Brian Rimpf

No. 69
- Position:: Offensive tackle

Personal information
- Born:: February 11, 1981 (age 44) Raleigh, North Carolina, U.S.
- Height:: 6 ft 5 in (1.96 m)
- Weight:: 319 lb (145 kg)

Career information
- High school:: Leesville Road (Raleigh)
- College:: East Carolina
- NFL draft:: 2004: 7th round, 246th pick

Career history
- Baltimore Ravens (2004–2006); New Orleans VooDoo (2008); California Redwoods (2009);

Career NFL statistics
- Games played:: 16
- Games started:: 7
- Stats at Pro Football Reference

= Brian Rimpf =

American football player (born 1981)

Brian Timothy Rimpf (born February 11, 1981) is an American former professional football player who was an offensive tackle for the Baltimore Ravens of the National Football League (NFL). He played college football for the East Carolina Pirates and was selected by the Ravens in the seventh round of the 2004 NFL draft.

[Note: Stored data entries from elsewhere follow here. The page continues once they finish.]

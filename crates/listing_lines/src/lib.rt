// The bytes of the listing and of the refusal line.
#![tactic(auto)]

pub mod lines;
mod page;

pub use lines::{listing_page, printed_page};
pub use page::Page;
use slot_file::COUNT;

// Room for any listing: the longest has 532 bytes.
pub const LISTING_ROOM: usize = 64 * COUNT;
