// The lines of the listing, and the refusal line.
ghost use Rattle.std.specs.Prelude.{◌≡◌, ◌+◌, ◌*◌, ◌≤◌, ◌++◌, length};
ghost use Rattle.slot_file.specs.Codes.{codes, code_count};
ghost use Rattle.slot_file.specs.Listing.{line, lines, listing, refusal_line, printed};
ghost use Rattle.listing_lines.specs.Text.{listing_room, pair, pair_most, line_most};

use super::Page;
use slot_file::{Answer, COUNT};
use sums::Refusal;

// Each asks for the room of what it puts, as in page.rt.
impl Page {
    // Code, tonnes, grams per second. There is room for one line more: a part does not count on the parts before it to be short.
    #[tactic(auto, unfolding(slot_file::specs::Listing::line, slot_file::specs::Listing::text))]
    fn push_line(&mut self, code: u16, annual: u64, peak: u64)
        requires { length self.old + 2 * line_most ≤ listing_room }
        ensures text { self.new ≡ self.old ++ line code annual peak }
        ensures short { length self.new ≤ length self.old + line_most }
    {
        self.push_padded(u64::from(code), 4);
        self.push_byte(b' ');
        self.push_fixed(annual, 6);
        self.push_byte(b' ');
        self.push_fixed(peak, 7);
        self.push_byte(b'\n');
    }

    // A line for each code.
    #[tactic(auto, unfolding(slot_file::specs::Listing::lines))]
    fn push_lines(&mut self, annual: [u64; COUNT], peak: [u64; COUNT])
        requires { length self.old + (code_count + 1) * line_most ≤ listing_room }
        ensures text { self.new ≡ self.old ++ lines codes annual peak }
        ensures short { length self.new ≤ length self.old + code_count * line_most }
    {
        for ((code, annual), peak) in slot_file::listing_codes()
            .iter()
            .zip(annual.iter())
            .zip(peak.iter())
        {
            self.push_line(*code, *annual, *peak);
        }
    }

    // Two numbers parted by a space, and a line feed.
    #[tactic(auto, unfolding(slot_file::specs::Listing::text))]
    fn push_pair(&mut self, x: u64, y: u64)
        requires { length self.old + pair_most ≤ listing_room }
        ensures text { self.new ≡ self.old ++ pair x y }
        ensures short { length self.new ≤ length self.old + pair_most }
    {
        self.push_decimal(x);
        self.push_byte(b' ');
        self.push_decimal(y);
        self.push_byte(b'\n');
    }
}

// The listing.
#[tactic(auto, unfolding(slot_file::specs::Listing::listing, slot_file::specs::Listing::text))]
pub fn listing_page(a: Answer) -> Page
    ensures { result ≡ listing a }
{
    let mut page = Page::new();
    page.push_text(b"code t/year g/s\n");
    page.push_lines(a.annual, a.peak);
    page.push_text(b"sources ");
    page.push_decimal(u64::from(a.counts.groups));
    page.push_byte(b' ');
    page.push_pair(u64::from(a.counts.stores), u64::from(a.counts.locomotives));
    page
}

#[tactic(auto, unfolding(slot_file::specs::Listing::refusal_line, slot_file::specs::Listing::text))]
fn refusal_page(r: Refusal) -> Page
    ensures { result ≡ refusal_line r }
{
    let number = u64::from(u8::from(r.reason));
    let mut page = Page::new();
    page.push_text(b"refused ");
    page.push_pair(number, u64::from(r.slot));
    page
}

// The listing, or the refusal line.
#[tactic(auto, unfolding(slot_file::specs::Listing::printed))]
pub fn printed_page(a: Result<Answer, Refusal>) -> Page
    ensures { result ≡ printed a }
{
    match a {
        Ok(a) => listing_page(a),
        Err(r) => refusal_page(r),
    }
}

Rimpf also played for the New Orleans VooDoo and California Redwoods.

Rimpf is a former teacher and head football coach at Jack Britt High School in Fayetteville, North Carolina. He is now the head coach and athletic director at Camden High School in South Carolina.

==Early life==
Rimpf played high school football at Leesville Road High School in Raleigh.
He was taught principles of business and business law at Harnett Central High School in Angier, North Carolina.

==College career==
Rimpf played college football at East Carolina University where he was First-team All Conference USA four times in his career.

==Professional career==
===Baltimore Ravens===
Played 2004–2006

===New Orleans VooDoo===
Rimpf played for the New Orleans VooDoo of the Arena Football League in 2008, recording one tackle.

===California Redwoods===
Rimpf was selected by the California Redwoods of the United Football League in the UFL Premiere Season Draft in 2009. He signed with the team on September 2.